Interventions targeting absence from school justify themselves with the claim that absence causes negative effects or prevents good effects. I argue that these are empty claims. I propose that absence as a cause makes sense in two ways: (1) in the context of prevention, if we take into consideration our expectations of what would have taken place, had the child gone to school, and what did take place for the child instead, and (2) in the context of responses to absence. Both interpretations lead to a conception where absence, instead of being a direct cause, rather accrues consequences from our responses to it. I use these alternatives to argue that responses to absence justified with the empty claim contribute to the results that the literature has so far claimed absence to have. Absence is not the problem, it may only be the sign of one.

Disclosure Statement

No potential conflict of interest was reported by the author(s).

Notes

1 This emphasis on absences noticed also helps us sidestep the philosophical issue of too many causal powers (Wolff et al., Citation2010). This is the issue that there are a great many things absent from any situation, such as the absence of fire in your hair right now. If all such absences were allowed causal power, then everything is present positively or negatively: either fire-in-hair is present or non-fire-in-hair is present.

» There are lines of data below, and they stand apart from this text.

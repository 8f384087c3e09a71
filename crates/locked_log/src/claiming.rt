//! A record that a seat asks for again, under the lock.

ghost use Rattle.std.specs.Prelude.{◌≡◌, ◌≤◌, ◌↔◌, IsTrue};
ghost use Rattle.locked_log.specs.Applies.{ClaimsHeld};
ghost use Rattle.locked_log.specs.Held.{held};
ghost use Rattle.store_seat.specs.Claims.{Owns};

use crate::state::State;
use history_row::Receipt;
use replica::Fleet;
use store_seat::{CallFault, Naming, Seat, claim, owns};
use store_step::master::Reply;

impl<F: Fleet, B: Naming> State<F, B> {
    /// Whether the record at the place is this seat's, was made since the store was, and isn't below the seat's first
    /// number. False if there is no record, or if it was forgotten. It takes no memory.
    pub fn owns_held(&self, seat: &Seat<B>, place: u64) -> bool
        ensures { IsTrue result ↔ (Owns self.now.start self.now.master.knows.history seat.now place
            × (self.now.master.knows.forgotten ≤ place)) }
    {
        owns(self.master.history(), &self.row, seat, place)
    }

    /// The reply of a record that is the seat's own, and a receipt of its place. Nothing changes.
    pub(crate) fn claim_held(
        &mut self,
        seat: &Seat<B>,
        place: u64,
    ) -> Result<(Reply, Receipt<B>), CallFault>
        ensures claims { ClaimsHeld (held F.state self.old) seat.now place result }
        ensures same { held F.state self.new ≡ held F.state self.old }
    {
        if self.is_refused {
            return Err(CallFault::CellRefused);
        }
        if !self.knows(seat) {
            return Err(CallFault::SeatUnknown);
        }
        if !self.owns_held(seat, place) {
            return Err(CallFault::NotYours);
        }
        claim(
            self.alloc,
            self.master.history(),
            &mut self.row,
            seat,
            place,
        )
    }
}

2 This corresponds closely to the Cambridge dictionary definition of absence: “not being where you are expected to be”, “a being away”, or “a non-existence” – https://dictionary.cambridge.org/dictionary/english/absence accessed 21 October 2019.

3 This may be extended to all sorts of causes in biological and human endeavours, as the effects of something often do not become apparent until much later, when the “right” conditions are present. I tend to think that the total cause is the total situation, making all causal claims a practical endeavour, rather than a truth-claiming one (see Hitchcock & Knobe, Citation2009; Mackie, Citation1965).

4 I am not alone in my critique of this. The literature itself includes such a critique. For example, Elliott and Place (Citation2019) note in their review that there has been a tendency to punish absences which are within the child’s control (truancy) and to be lenient towards absences beyond the child’s control (illness, anxiety) (Elliott & Place, Citation2019).